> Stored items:
#####

impl<S: FrameStore> SourceBuffers<S> {
    /// No buffers. It takes no memory.
    pub fn new(alloc: Global) -> Self
        ensures { result.buffers ≡ [] }
    {
        SourceBuffers {
            alloc,
            slots: Vec::new(alloc),
        }
    }

    /// How many buffers were ever made. Their numbers are those below it.
    pub fn len(&self) -> usize
        ensures value { result ≡ length self.now.buffers }
        ensures small { result < 2 ^ 32 }
    {
        self.slots.len()
    }

    /// Makes room for `n` more buffers.
    pub fn reserve(&mut self, n: usize) -> Result<(), OutOfMemory>
        ensures buffers { self.new.buffers ≡ self.old.buffers }
        ensures spare { OnOk result (n ≤ self.new.spare) }
        ensures no_room_lost { self.old.spare ≤ self.new.spare }
    {
        self.slots.reserve(n)?;
        Ok(())
    }

    /// Makes a buffer of a container with the next number, whose ranges join across gaps of at most
    /// `gap` ticks (Media Source Extensions, 2.2, `addSourceBuffer`). It takes no memory.
    pub fn add_reserved(&mut self, gap: Ticks, container: Container)
        requires room { 1 ≤ self.old.spare }
        requires few { length self.old.buffers + 1 < 2 ^ 32 }
        requires gap_from_zero { pos 0 ≤ℤ gap }
        ensures stand { (bs : BufferStates) → AreSlotsStanding self.old.buffers bs
            → AreSlotsStanding self.new.buffers (bs ++ Some (new_buffer gap container) ∷ []) }
        ensures within_duration { (d : Moment) → AreSlotsWithin d (all_kept_media self.old.buffers)
            → AreSlotsWithin d (all_kept_media self.new.buffers) }
        ensures len { length self.new.buffers ≡ length self.old.buffers + 1 }
        ensures spare { self.old.spare ≤ self.new.spare + 1 }
    {
        let buffer = Buffer::new(self.alloc, gap, container);
        self.slots.push_reserved(Some(buffer));
    }

    /// Removes the buffer of a number (Media Source Extensions, 2.2, `removeSourceBuffer`). An
    /// append or a removal that runs is aborted, and what the buffer holds goes.
    ///
    /// NoSuchBuffer where no buffer was ever made with the number; NotFound where it was removed.
    pub fn remove(&mut self, k: u32, around: &BufferContext) -> Reply
        ensures done { IsDoneInAll (removal_result k (surroundings around.now)) 0
            around.now.duration self.old.buffers result self.new.buffers }
        ensures len { length self.new.buffers ≡ length self.old.buffers }
        ensures spare { self.new.spare ≡ self.old.spare }
    {
        let Some(slot) = self.slots.get_mut(k as usize) else {
            return Reply::refused(Name::NoSuchBuffer, false, &around.duration);
        };
        remove_slot(slot, around)
    }

    /// Makes a call on the buffer of a number. It takes its memory first; an `Err` changes nothing.
    ///
    /// NoSuchBuffer where no buffer was ever made with the number; where it was removed
    /// [`BufferCall::removed_name`]; and then as [`Buffer::call`].
    pub fn call(
        &mut self,
        k: u32,
        call: &BufferCall,
        around: &BufferContext,
    ) -> Result<Reply, OutOfMemory>
        ensures done { IfOk result (λ reply. IsCallDoneInAll k (call_at around.now call.now)
            (surroundings around.now) self.old.buffers reply self.new.buffers) }
        ensures len { length self.new.buffers ≡ length self.old.buffers }
        ensures spare { self.new.spare ≡ self.old.spare }
        ensures err { OnErr result (self.new ≡ self.old) }
    {
        let Some(slot) = self.slots.get_mut(k as usize) else {
            return Ok(Reply::refused(Name::NoSuchBuffer, false, &around.duration));
        };
        call_slot(slot, call, around)
    }

    /// The name by which [`call`](Self::call) would be refused before anything comes of it, if it
    /// would. It takes no memory.
    pub fn refusal_of(&self, k: u32, call: &BufferCall, around: &BufferContext) -> Option<Name>
        ensures { (bs : BufferStates) → AreSlotsStanding self.now.buffers bs
            → result ≡ refusal_on_buffer k (call_at around.now call.now)
            (surroundings around.now) bs }
    {
        match all::slot_at(&self.slots, k as usize) {
            Some(Some(buffer)) => buffer.refusal_of(call, around),
            Some(None) => Some(call.removed_name()),
            None => Some(Name::NoSuchBuffer),
        }
    }

    /// How often a call on the buffer of a number changes the duration at most: a reset of the
    /// parser once for each coded frame that is ready, of which there are at most `2^20`.
    pub fn most_changes(&self, k: u32, call: &BufferCall) -> usize
        ensures most { (a : BufferContext) → result ≡ most_changes_of k (call_at a call.now)
            self.now.buffers }
        ensures few { result ≤ 2 ^ 20 }
    {
        all::most_changes(&self.slots, k as usize, call)
    }

    /// One step of the work of the buffer of a number: the next item of an append or its end, or
    /// the whole of a removal; `Idle` exactly where nothing runs there, also where no buffer is. Where
    /// it answers `Did`, it has put its reply into `reply`; otherwise `reply` stays as it was. It takes
    /// its memory first; an `Err` changes nothing.
    pub fn turn(
        &mut self,
        k: u32,
        around: &BufferContext,
        reply: &mut Reply,
    ) -> Result<Turned, OutOfMemory>
        ensures done { IfOk result (λ turned. IsTurnDoneInAll k (surroundings around.now)
            self.old.buffers (reply_of around.now.duration reply.new turned) self.new.buffers) }
        ensures kept { IsReplyKeptUnlessDid result reply.old reply.new }
        ensures len { length self.new.buffers ≡ length self.old.buffers }
        ensures spare { self.new.spare ≡ self.old.spare }
        ensures err { OnErr result (self.new ≡ self.old) }
    {
        let Some(slot) = self.slots.get_mut(k as usize) else {
            return Ok(Turned::Idle);
        };
        turn_slot(slot, around, reply)
    }

    /// The name by which [`remove`](Self::remove) would be refused, if it would.
    pub fn removal_refusal(&self, k: u32) -> Option<Name>
        ensures { (bs : BufferStates) → AreSlotsStanding self.now.buffers bs
            → result ≡ refusal_on_slot k removal_refusal_in_slot bs }
    {
        match all::slot_at(&self.slots, k as usize) {
            Some(Some(_)) => None,
            Some(None) => Some(Name::NotFound),
            None => Some(Name::NoSuchBuffer),
        }
    }

    /// Whether a buffer was ever made with the number.
    pub fn is_made(&self, k: u32) -> bool
        ensures { result ≡ nat_lt k (length self.now.buffers) }
    {
        (k as usize) < self.slots.len()
    }

    /// Whether an append or a removal runs at the buffer of a number; false where no buffer is.
    pub fn is_updating_at(&self, k: u32) -> bool
        ensures { result ≡ is_updating_at k (all_kept_running self.now.buffers) }
    {
        all::is_updating_at(&self.slots, k as usize)
    }

    /// What a media source is told of all buffers in its list.
    pub fn all_buffers(&self) -> AllBuffers
        ensures { result ≡ all_buffers (all_kept_running self.now.buffers)
            (all_kept_media self.now.buffers) }
    {
        AllBuffers {
            updating: all::is_any_updating(&self.slots),
            highest_start: all::highest_start(&self.slots),
            highest_end: all::highest_end(&self.slots),
        }
    }

    /// Whether each buffer in the list has received its first initialization segment (Media Source
    /// Extensions, 3.5.7).
    pub fn are_initialized(&self) -> bool
        ensures { result ≡ are_initialized (all_kept_media self.now.buffers) }
    {
        all::are_initialized(&self.slots)
    }

    /// The lowest number of a buffer at which an append or a removal runs; `None` exactly where
    /// there is none.
    pub fn running(&self) -> Option<u32>
        ensures { result ≡ lowest_running (all_kept_running self.now.buffers) }
    {
        all::lowest_running(&self.slots)
    }

    /// What is buffered at the buffer of a number (Media Source Extensions, 3.1, `buffered`), where
    /// the source is ended or not; `None` exactly where no buffer is.
    pub fn buffered(&self, k: u32, ended: bool) -> Result<Option<Ranges>, OutOfMemory>
        ensures { IfOk result (λ ranges. option_map (λ r. r.spans) ranges
            ≡ buffered_at ended k (all_kept_media self.now.buffers)) }
    {
        element::buffered_at(&self.slots, k as usize, ended)
    }

    /// What is buffered at the element (Media Source Extensions, 6, `buffered`), where the buffers
    /// of some numbers are active, and the source is ended or not.
    pub fn element_ranges(&self, active: &[u32], ended: bool) -> Result<Ranges, OutOfMemory>
        ensures { IfOk result (λ ranges. ranges.spans
            ≡ element_ranges ended active.now (all_kept_media self.now.buffers)) }
    {
        element::element_ranges(&self.slots, self.alloc, active, ended)
    }

    /// The range of the element with `start <= t` and `t <= end`, as
    /// [`element_ranges`](Self::element_ranges) has it; `None` exactly where there is none. It
    /// takes no memory.
    pub fn element_span(&self, active: &[u32], t: Ticks, ended: bool) -> Option<Span>
        ensures { result ≡ element_span t ended active.now (all_kept_media self.now.buffers) }
    {
        element::element_span(&self.slots, active, t, ended)
    }

    /// Whether the element has a range with `start <= t` and `t <= end`, as
    /// [`element_ranges`](Self::element_ranges) has it, and `until <= end`. It takes no memory.
    pub fn is_buffered_up_to(&self, active: &[u32], t: Ticks, until: Ticks, ended: bool) -> bool
        ensures { result ≡ is_buffered_up_to t until
            (element_ranges ended active.now (all_kept_media self.now.buffers)) }
    {
        element::is_buffered_up_to(&self.slots, active, t, until, ended)
    }

    /// What views show of the buffers in the list, in order of their numbers, where the source is
    /// ended or not.
    pub fn views(&self, ended: bool) -> Result<Vec<BufferView>, OutOfMemory>
        ensures { (bs : BufferStates) → AreSlotsStanding self.now.buffers bs
            → IfOk result (λ views. views.items ≡ buffer_views ended bs) }
    {
        views::buffer_views(&self.slots, self.alloc, ended)
    }

    /// What a page reads of the buffer of a number, where the source is ended or not, and the buffer is active or
    /// not; `None` exactly where no buffer is.
    pub fn attributes(
        &self,
        k: u32,
        ended: bool,
        active: bool,
    ) -> Result<Option<BufferAttributes>, OutOfMemory>
        ensures { (bs : BufferStates) → AreSlotsStanding self.now.buffers bs
            → IfOk result (λ found. found ≡ attributes_at k ended active bs) }
    {
        views::attributes_at(&self.slots, k, ended, active)
    }

    /// The `i`-th track of the buffer of a number, in order of its first initialization segment;
    /// `None` exactly where no buffer is, or it has no such track.
    pub fn track(&self, k: u32, i: usize) -> Option<&Track<S>>
        ensures { option_map (state_of S.frames) (option_copied result)
            ≡ track_at k i (all_kept_media self.now.buffers) }
    {
        all::track_at(&self.slots, k as usize, i)
    }

    /// Each track buffer of each buffer is sound: each frame that it holds is a random access
    /// point, or the frame received just before it is held too. And the gap across which ranges
    /// join is not negative. The slots stand for some states of the buffers, of which the clauses of
    /// the calls speak. It does nothing when it runs.
    pub fn sound(&self)
        ensures sound { AreSound (all_kept_media self.now.buffers) }
        ensures stands { HasStates self.now.buffers }
    {
        // The proof reads off this that the tracks of each slot are sound, and what the slot stands for.
        all::sound(&self.slots);
    }
}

#####

One stretch of the lines above is wanted, from the line that contains "OnOk result (n" through the line that contains "AreSlotsStanding self.new.buffers (bs". Output it exactly.

        ensures spare { OnOk result (n ≤ self.new.spare) }
        ensures no_room_lost { self.old.spare ≤ self.new.spare }
    {
        self.slots.reserve(n)?;
        Ok(())
    }

    /// Makes a buffer of a container with the next number, whose ranges join across gaps of at most
    /// `gap` ticks (Media Source Extensions, 2.2, `addSourceBuffer`). It takes no memory.
    pub fn add_reserved(&mut self, gap: Ticks, container: Container)
        requires room { 1 ≤ self.old.spare }
        requires few { length self.old.buffers + 1 < 2 ^ 32 }
        requires gap_from_zero { pos 0 ≤ℤ gap }
        ensures stand { (bs : BufferStates) → AreSlotsStanding self.old.buffers bs
            → AreSlotsStanding self.new.buffers (bs ++ Some (new_buffer gap container) ∷ []) }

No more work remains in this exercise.